# Still Got The *** For You



## dolphinstreet (Sep 11, 2006)

Arpeggios, that is!


----------



## Dorian2 (Jun 9, 2015)

Sweet. Touching on some neo classical style!


----------



## dolphinstreet (Sep 11, 2006)

Neo classical? Really? Just basic arpeggios in my mind. I like the sound of them. Great tools for creating melodies!


----------



## Dorian2 (Jun 9, 2015)

dolphinstreet said:


> Neo classical? Really? Just basic arpeggios in my mind. I like the sound of them. Great tools for creating melodies!
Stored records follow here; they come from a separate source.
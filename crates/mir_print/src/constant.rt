ghost use Rattle.std.specs.Prelude.{◌≡◌, ◌++◌, ◌+◌, ◌-◌, ◌<◌, true, codes, decimal};
ghost use Rattle.mir_text.specs.Numbers.{is_signed, half, count, is_negative, size_of};
ghost use Rattle.mir_text.specs.TypeText.{piece, int_name, minus_text, const_text};
ghost use Rattle.mir_print.specs.Prints.{Goes, at};

use crate::output::Output;
use crate::types::put_int_name;
use mir_syntax::{Const, IntTy};
use pipe_io::Sink;

// The greatest bits of a type.
fn greatest_bits(ty: IntTy) -> u128
    ensures { result + 1 ≡ count ty }
{
    match ty {
        IntTy::I8 | IntTy::U8 => 0xff,
        IntTy::I16 | IntTy::U16 => 0xffff,
        IntTy::I32 | IntTy::U32 => 0xffff_ffff,
        IntTy::I64 | IntTy::U64 | IntTy::Isize | IntTy::Usize => 0xffff_ffff_ffff_ffff,
        IntTy::I128 | IntTy::U128 => u128::MAX,
    }
}

fn is_signed(ty: IntTy) -> bool
    ensures { result ≡ is_signed ty }
{
    match ty {
        IntTy::I8 | IntTy::I16 | IntTy::I32 | IntTy::I64 | IntTy::I128 | IntTy::Isize => true,
        IntTy::U8 | IntTy::U16 | IntTy::U32 | IntTy::U64 | IntTy::U128 | IntTy::Usize => false,
    }
}

// The least bits of a negative number.
fn half(ty: IntTy) -> u128
    ensures value { result ≡ half ty }
    ensures positive { 0 < result }
{
    match ty {
        IntTy::I8 | IntTy::U8 => 1 << 7,
        IntTy::I16 | IntTy::U16 => 1 << 15,
        IntTy::I32 | IntTy::U32 => 1 << 31,
        IntTy::I64 | IntTy::U64 | IntTy::Isize | IntTy::Usize => 1 << 63,
        IntTy::I128 | IntTy::U128 => 1 << 127,
    }
}

// Whether bits stand for a negative number.
#[tactic(auto, unfolding(mir_text::specs::Numbers::is_negative))]
fn is_negative(ty: IntTy, bits: u128) -> bool
    ensures value { result ≡ is_negative ty bits }
    ensures positive { result ≡ true → 0 < bits }
{
    is_signed(ty) && bits >= half(ty)
}

// How far a negative number is below zero.
fn size_below(ty: IntTy, bits: u128) -> u128
    requires { 0 < bits }
    ensures { result ≡ count ty - bits }
{
    let greatest = greatest_bits(ty);
    if bits <= greatest {
        greatest - bits + 1
    } else {
        0
    }
}

// The sign and the digits of a number.
#[tactic(auto, using(crate::proofs::Printing::goes_then), unfolding(mir_text::specs::TypeText::minus_text, mir_text::specs::Numbers::size_of))]
fn put_bits<K: Sink>(output: &mut Output, sink: &mut K, ty: IntTy, bits: u128)
    ensures { Goes (at (K.written sink.old) (K.faults sink.old) output.old)
        (at (K.written sink.new) (K.faults sink.new) output.new)
        (minus_text (is_negative ty bits) ++ piece (decimal (size_of ty bits))) }
{
    if is_negative(ty, bits) {
        output.put(sink, b"-");
        output.put_number(sink, size_below(ty, bits));
    } else {
        output.put_number(sink, bits);
    }
}

// A number with its type.
#[tactic(auto, using(crate::proofs::Printing::goes_then))]
fn put_typed<K: Sink>(output: &mut Output, sink: &mut K, ty: IntTy, bits: u128)
    ensures { Goes (at (K.written sink.old) (K.faults sink.old) output.old)
        (at (K.written sink.new) (K.faults sink.new) output.new)
        (piece (codes "const ") ++ ((minus_text (is_negative ty bits) ++ piece (decimal (size_of ty bits))) ++ (piece (codes "_") ++ piece (int_name ty)))) }
{
    output.put(sink, b"const ");
    put_bits(output, sink, ty, bits);
    output.put(sink, b"_");
    put_int_name(output, sink, ty);
}

/// Prints a constant.
#[tactic(auto, unfolding(mir_text::specs::TypeText::const_text))]
pub fn put_const<K: Sink>(output: &mut Output, sink: &mut K, value: Const)
    ensures { Goes (at (K.written sink.old) (K.faults sink.old) output.old)
        (at (K.written sink.new) (K.faults sink.new) output.new) (const_text value) }
{
    match value {
        Const::Int(ty, bits) => put_typed(output, sink, ty, bits),
        Const::Bool(true) => output.put(sink, b"const true"),
        Const::Bool(false) => output.put(sink, b"const false"),
        Const::Unit => output.put(sink, b"const ()"),
    }
}
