ghost use Rattle.std.specs.Prelude.{◌++◌, codes, map};
ghost use Rattle.mir_syntax.specs.Crate.{rvalue_of};
ghost use Rattle.mir_syntax.specs.Tree.{at_id, trees_of};
ghost use Rattle.mir_text.specs.TypeText.{piece, type_text};
ghost use Rattle.mir_text.specs.PlaceText.{place_text, operand_text};
ghost use Rattle.mir_text.specs.StatementText.{binary_name, over_name, unary_name, pair_text, rvalue_text};
ghost use Rattle.mir_print.specs.Seen.{crate_in};
ghost use Rattle.mir_print.specs.Prints.{Goes, at};

use crate::build::{put_build, put_tuple_build};
use crate::output::Output;
use crate::place::{put_operand, put_place};
use crate::types::put_type;
use mir_syntax::{BinOp, Operand, OverOp, Place, Program, Rvalue, TyId, UnOp};
use pipe_io::Sink;

#[tactic(auto, unfolding(mir_text::specs::StatementText::binary_name))]
fn put_binary_name<K: Sink>(output: &mut Output, sink: &mut K, op: BinOp)
    ensures { Goes (at (K.written sink.old) (K.faults sink.old) output.old)
        (at (K.written sink.new) (K.faults sink.new) output.new) (piece (binary_name op)) }
{
    match op {
        BinOp::Add => output.put(sink, b"Add"),
        BinOp::Sub => output.put(sink, b"Sub"),
        BinOp::Mul => output.put(sink, b"Mul"),
        BinOp::Div => output.put(sink, b"Div"),
        BinOp::Rem => output.put(sink, b"Rem"),
        BinOp::BitXor => output.put(sink, b"BitXor"),
        BinOp::BitAnd => output.put(sink, b"BitAnd"),
        BinOp::BitOr => output.put(sink, b"BitOr"),
        BinOp::Shl => output.put(sink, b"Shl"),
        BinOp::Shr => output.put(sink, b"Shr"),
        BinOp::Eq => output.put(sink, b"Eq"),
        BinOp::Ne => output.put(sink, b"Ne"),
        BinOp::Lt => output.put(sink, b"Lt"),
        BinOp::Le => output.put(sink, b"Le"),
        BinOp::Gt => output.put(sink, b"Gt"),
        BinOp::Ge => output.put(sink, b"Ge"),
        BinOp::AddUnchecked => output.put(sink, b"AddUnchecked"),
        BinOp::SubUnchecked => output.put(sink, b"SubUnchecked"),
        BinOp::MulUnchecked => output.put(sink, b"MulUnchecked"),
    }
}

#[tactic(auto, unfolding(mir_text::specs::StatementText::over_name))]
fn put_over_name<K: Sink>(output: &mut Output, sink: &mut K, op: OverOp)
    ensures { Goes (at (K.written sink.old) (K.faults sink.old) output.old)
        (at (K.written sink.new) (K.faults sink.new) output.new) (piece (over_name op)) }
{
    match op {
        OverOp::Add => output.put(sink, b"AddWithOverflow"),
        OverOp::Sub => output.put(sink, b"SubWithOverflow"),
        OverOp::Mul => output.put(sink, b"MulWithOverflow"),
    }
}

#[tactic(auto, unfolding(mir_text::specs::StatementText::unary_name))]
fn put_unary_name<K: Sink>(output: &mut Output, sink: &mut K, op: UnOp)
    ensures { Goes (at (K.written sink.old) (K.faults sink.old) output.old)
        (at (K.written sink.new) (K.faults sink.new) output.new) (piece (unary_name op)) }
{
    match op {
        UnOp::Not => output.put(sink, b"Not"),
        UnOp::Neg => output.put(sink, b"Neg"),
    }
}

// Two operands in a parenthesis.
#[tactic(auto, using(crate::proofs::Printing::goes_then), unfolding(mir_text::specs::StatementText::pair_text))]
fn put_pair<K: Sink>(
    output: &mut Output,
    sink: &mut K,
    program: &Program,
    locals: &[TyId],
    left: &Operand,
    right: &Operand,
)
    ensures { Goes (at (K.written sink.old) (K.faults sink.old) output.old)
        (at (K.written sink.new) (K.faults sink.new) output.new) (pair_text (crate_in program.now) (map (at_id (trees_of program.now.types)) locals.now) left.now right.now) }
{
    output.put(sink, b"(");
    put_operand(output, sink, program, locals, left);
    output.put(sink, b", ");
    put_operand(output, sink, program, locals, right);
    output.put(sink, b")");
}

// A cast to an integer type.
#[tactic(auto, using(crate::proofs::Printing::goes_then))]
fn put_cast<K: Sink>(
    output: &mut Output,
    sink: &mut K,
    program: &Program,
    locals: &[TyId],
    operand: &Operand,
    ty: TyId,
)
    ensures { Goes (at (K.written sink.old) (K.faults sink.old) output.old)
        (at (K.written sink.new) (K.faults sink.new) output.new) (operand_text (crate_in program.now) (map (at_id (trees_of program.now.types)) locals.now) operand.now ++ (piece (codes " as ") ++ (type_text (crate_in program.now) (at_id (trees_of program.now.types) ty) ++ piece (codes " (IntToInt)")))) }
{
    put_operand(output, sink, program, locals, operand);
    output.put(sink, b" as ");
    put_type(output, sink, program, ty);
    output.put(sink, b" (IntToInt)");
}

// A word, and a place in a parenthesis behind it.
#[tactic(auto, using(crate::proofs::Printing::goes_then))]
fn put_discriminant<K: Sink>(
    output: &mut Output,
    sink: &mut K,
    program: &Program,
    locals: &[TyId],
    place: &Place,
)
    ensures { Goes (at (K.written sink.old) (K.faults sink.old) output.old)
        (at (K.written sink.new) (K.faults sink.new) output.new) (piece (codes "discriminant(") ++ (place_text (crate_in program.now) (map (at_id (trees_of program.now.types)) locals.now) place.now ++ piece (codes ")"))) }
{
    output.put(sink, b"discriminant(");
    put_place(output, sink, program, locals, place);
    output.put(sink, b")");
}

#[tactic(auto, using(crate::proofs::Printing::goes_then))]
fn put_unary<K: Sink>(
    output: &mut Output,
    sink: &mut K,
    program: &Program,
    locals: &[TyId],
    op: UnOp,
    operand: &Operand,
)
    ensures { Goes (at (K.written sink.old) (K.faults sink.old) output.old)
        (at (K.written sink.new) (K.faults sink.new) output.new) (piece (unary_name op) ++ (piece (codes "(") ++ (operand_text (crate_in program.now) (map (at_id (trees_of program.now.types)) locals.now) operand.now ++ piece (codes ")")))) }
{
    put_unary_name(output, sink, op);
    output.put(sink, b"(");
    put_operand(output, sink, program, locals, operand);
    output.put(sink, b")");
}

/// Prints what an assignment computes.
#[tactic(auto, using(crate::proofs::Printing::goes_then), unfolding(mir_text::specs::StatementText::rvalue_text))]
pub fn put_rvalue<K: Sink>(
    output: &mut Output,
    sink: &mut K,
    program: &Program,
    locals: &[TyId],
    value: &Rvalue,
)
    ensures { Goes (at (K.written sink.old) (K.faults sink.old) output.old)
        (at (K.written sink.new) (K.faults sink.new) output.new) (rvalue_text (crate_in program.now) (map (at_id (trees_of program.now.types)) locals.now) (rvalue_of (trees_of program.now.types) value.now)) }
{
    match value {
        Rvalue::Use(operand) => put_operand(output, sink, program, locals, operand),
        Rvalue::Binary(op, left, right) => {
            put_binary_name(output, sink, *op);
            put_pair(output, sink, program, locals, left, right);
        }
        Rvalue::Overflow(op, left, right) => {
            put_over_name(output, sink, *op);
            put_pair(output, sink, program, locals, left, right);
        }
        Rvalue::Unary(op, operand) => put_unary(output, sink, program, locals, *op, operand),
        Rvalue::Cast(operand, ty) => put_cast(output, sink, program, locals, operand, *ty),
        Rvalue::Ref(place) => {
            output.put(sink, b"&");
            put_place(output, sink, program, locals, place);
        }
        Rvalue::RefMut(place) => {
            output.put(sink, b"&mut ");
            put_place(output, sink, program, locals, place);
        }
        Rvalue::Discriminant(place) => put_discriminant(output, sink, program, locals, place),
        Rvalue::Tuple(parts) => put_tuple_build(output, sink, program, locals, parts.as_slice()),
        Rvalue::Build(def, variant, parts) => put_build(
            output,
            sink,
            program,
            locals,
            *def,
            *variant,
            parts.as_slice(),
        ),
    }
}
No doubt they are basic arps. The neo classical reference was due to the way I think about a portion of the selected progression. I know it's a standard Moore prog in some of his more notable tunes, but I relate that half diminished to Dominant resolving to the Am in that context with the good old Harmonic Minor. It's a great mix of a couple of "sounds" to me.


----------



## JazzyT (Nov 1, 2017)

Dorian2 said:


> No doubt they are basic arps. The neo classical reference was due to the way I think about a portion of the selected progression. I know it's a standard Moore prog in some of his more notable tunes, but I relate that half diminished to Dominant resolving to the Am in that context with the good old Harmonic Minor. It's a great mix of a couple of "sounds" to me.


Who is Moore? The progression is the A section to Autumn Leaves!


----------



## Dorian2 (Jun 9, 2015)

I was referring to Gary Moore who uses the same progression is all. It's also reflected in the title of the video. It's a great progression indeed.


----------